Gálvez just shook his head.
“You sure?” Reacher asked. “Nobody watching them, no strangers around?”
Gálvez shook his head again.
“We can fix it,” Reacher said. “If you’re
worried about anything, you should go ahead and tell us right now. We’ll take care of it.”
Gálvez just looked blank. Reacher watched his eyes. He had spent his career watching eyes, and these two were innocent. A little disconcerted, a little puzzled, but the guy wasn’t hiding anything. He had no secrets.
“OK,” he said. “We’re sorry to have interrupted your evening.”
He kept very quiet on the drive back to the office.
They used the conference room again. It seemed to be the only facility with seating for more than three. Neagley let Froelich put herself next to Reacher. She sat with Stuyvesant on the opposite side of the table. Froelich got on the radio net and heard that Armstrong was about to leave the hotel. He was cutting the evening short. Nobody seemed to mind. It worked both ways.

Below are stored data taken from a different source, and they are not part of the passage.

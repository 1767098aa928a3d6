//! The lines of an input that comes in pieces.
ghost use Rattle.std.specs.Prelude.{◌≡◌, [], ◌∷◌, ◌++◌, IfSome, OnOk, OnErr};
ghost use Rattle.std.specs.Io.KnownBytes.{Appends};
ghost use Rattle.capture.specs.Begun.{IsUnended};
ghost use Rattle.capture.specs.Counts.{more};
ghost use Rattle.capture.specs.Held.{held};
ghost use Rattle.capture.specs.Lines.{lines_of};
ghost use Rattle.messages.specs.Telling.{line_message};
ghost use Rattle.lines.specs.Counted.{IsEven, after, counted, none_counted, totals_told};
ghost use Rattle.lines.specs.Listings.{form_of, is_read, is_rewritten, listing, numbered};
ghost use Rattle.lines.specs.Pieces.{IsListed, IsStopped};

use crate::rewriting::comes_back;
use crate::totals::Totals;
use capture::buffer::LineBuffer;
use capture::split::split_line;
use forms::message::Shown;
use forms::refusal::Refusal;
use pitch::reader::read;
use std::io::Write;
use std::{fmt, io};

/// What has come of the line at hand, and what was counted of the lines before it. Every message
/// that is read gives its line back, so that as many are rewritten as are read: after each call,
/// whatever comes, and where the writer fails too.
#[derive(Drop)]
pub struct Listing {
    line: LineBuffer,
    totals: Totals,
    ghost unended: { IsUnended (held line) },
}

impl Listing {
    /// Of an input of which nothing has come.
    pub fn new() -> Listing
        ensures line { held result.line ≡ [] }
        ensures totals { result.totals ≡ none_counted }
        ensures even { IsEven result.totals }
    {
        Listing {
            line: LineBuffer::new(),
            totals: Totals::new(),
        }
    }

    /// Takes the next bytes of the input, in which lines may end and one may begin: prints each
    /// that ends, and counts it.
    ///
    /// An `Err` is the writer's, of a line that ends in the piece. That line is counted all the
    /// same, and what stands behind it is not taken: none of it is at hand.
    pub fn take<W: Write>(&mut self, piece: &[u8], output: &mut W) -> io::Result<()>
        ensures even { IsEven self.old.totals → IsEven self.new.totals }
        ensures says { OnOk result (IsListed (held self.old.line) piece.now (held self.new.line)
            self.old.totals self.new.totals (W.contents output.old) (W.contents output.new)) }
        ensures stops { OnErr result (IsStopped (held self.old.line) piece.now
            (held self.new.line) self.old.totals self.new.totals) }
    {
        let mut rest = piece;
        loop {
            let (end, next) = split_line(rest);
            self.line.extend(end);
            let Some(next) = next else {
                return Ok(());
            };
            self.end_line(output)?;
            rest = next;
        }
    }

    /// The input is at its end: a last line needs no line end, unless it is empty. Prints it and
    /// then the totals, and holds nothing back.
    ///
    /// An `Err` is the writer's, and leaves the same.
    pub fn finish<W: Write>(&mut self, output: &mut W) -> io::Result<()>
        ensures line { held self.new.line ≡ [] }
        ensures counts { self.new.totals
            ≡ after (lines_of (held self.old.line)) self.old.totals }
        ensures even { IsEven self.old.totals → IsEven self.new.totals }
        ensures says { OnOk result (Appends (W.contents output.old) (W.contents output.new)
            (listing self.old.totals.lines (lines_of (held self.old.line))
            ++ totals_told self.new.totals)) }
    {
        self.end_last(output)?;
        end(&self.totals, output)
    }

    // Lists the line at hand unless it is empty.
    fn end_last<W: Write>(&mut self, output: &mut W) -> io::Result<()>
        ensures line { held self.new.line ≡ [] }
        ensures counts { self.new.totals
            ≡ after (lines_of (held self.old.line)) self.old.totals }
        ensures even { IsEven self.old.totals → IsEven self.new.totals }
        ensures says { OnOk result (Appends (W.contents output.old) (W.contents output.new)
            (listing self.old.totals.lines (lines_of (held self.old.line)))) }
    {
        if self.line.is_empty() {
            return Ok(());
        }
        self.end_line(output)
    }

    // Lists the line at hand, and makes room for the next.
    fn end_line<W: Write>(&mut self, output: &mut W) -> io::Result<()>
        ensures line { held self.new.line ≡ [] }
        ensures counts { self.new.totals ≡ counted (held self.old.line) self.old.totals }
        ensures even { IsEven self.old.totals → IsEven self.new.totals }
        ensures says { OnOk result (Appends (W.contents output.old) (W.contents output.new)
            (listing self.old.totals.lines (held self.old.line ∷ []))) }
    {
        let listed = list(self.line.line(), &mut self.totals, output);
        self.line.clear();
        listed
    }
}

// Lists a line, and counts it.
fn list<W: Write>(line: &[u8], totals: &mut Totals, output: &mut W) -> io::Result<()>
    ensures even { is_rewritten line.now ≡ is_read line.now }
    ensures still { IsEven totals.old → IsEven totals.new }
    ensures counts { totals.new ≡ counted line.now totals.old }
    ensures says { OnOk result (Appends (W.contents output.old) (W.contents output.new)
        (numbered (more totals.old.lines) (form_of (line_message line.now)))) }
{
    match read(line) {
        Ok(message) => {
            totals.count_read(comes_back(&message, line));
            show(totals.lines, &Shown(&message), output)
        }
        Err(fault) => {
            totals.count_refused();
            show(totals.lines, &Refusal(&fault), output)
        }
    }
}

// Prints what a line is behind its number.
fn show<W: Write, D: fmt::Display>(number: u64, form: &D, output: &mut W) -> io::Result<()>
    ensures { OnOk result (IfSome (D.output form.now) (λ said.
        Appends (W.contents output.old) (W.contents output.new) (numbered number said))) }
{
    writeln!(output, "(line {number} {form})")
}

fn end<W: Write>(totals: &Totals, output: &mut W) -> io::Result<()>
    ensures { OnOk result (Appends (W.contents output.old) (W.contents output.new)
        (totals_told totals.now)) }
{
    writeln!(output, "{totals}")?;
    output.flush()
}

Spend a lot of time with them, and they’re naturally thrilled about it. Rush it through, and they’re equally delighted such a busy and important guy found any time at all for them. Froelich listened to her earpiece and tracked him all the way out of the ballroom, through the kitchens, into the loading bay, into the limo. Then she relaxed. All that was left was a high-speed convoy out to Georgetown and a transfer through the tent in the darkness. She fiddled behind her back and turned the earpiece volume down a little. Sat back and glanced at the others, questions in her eyes.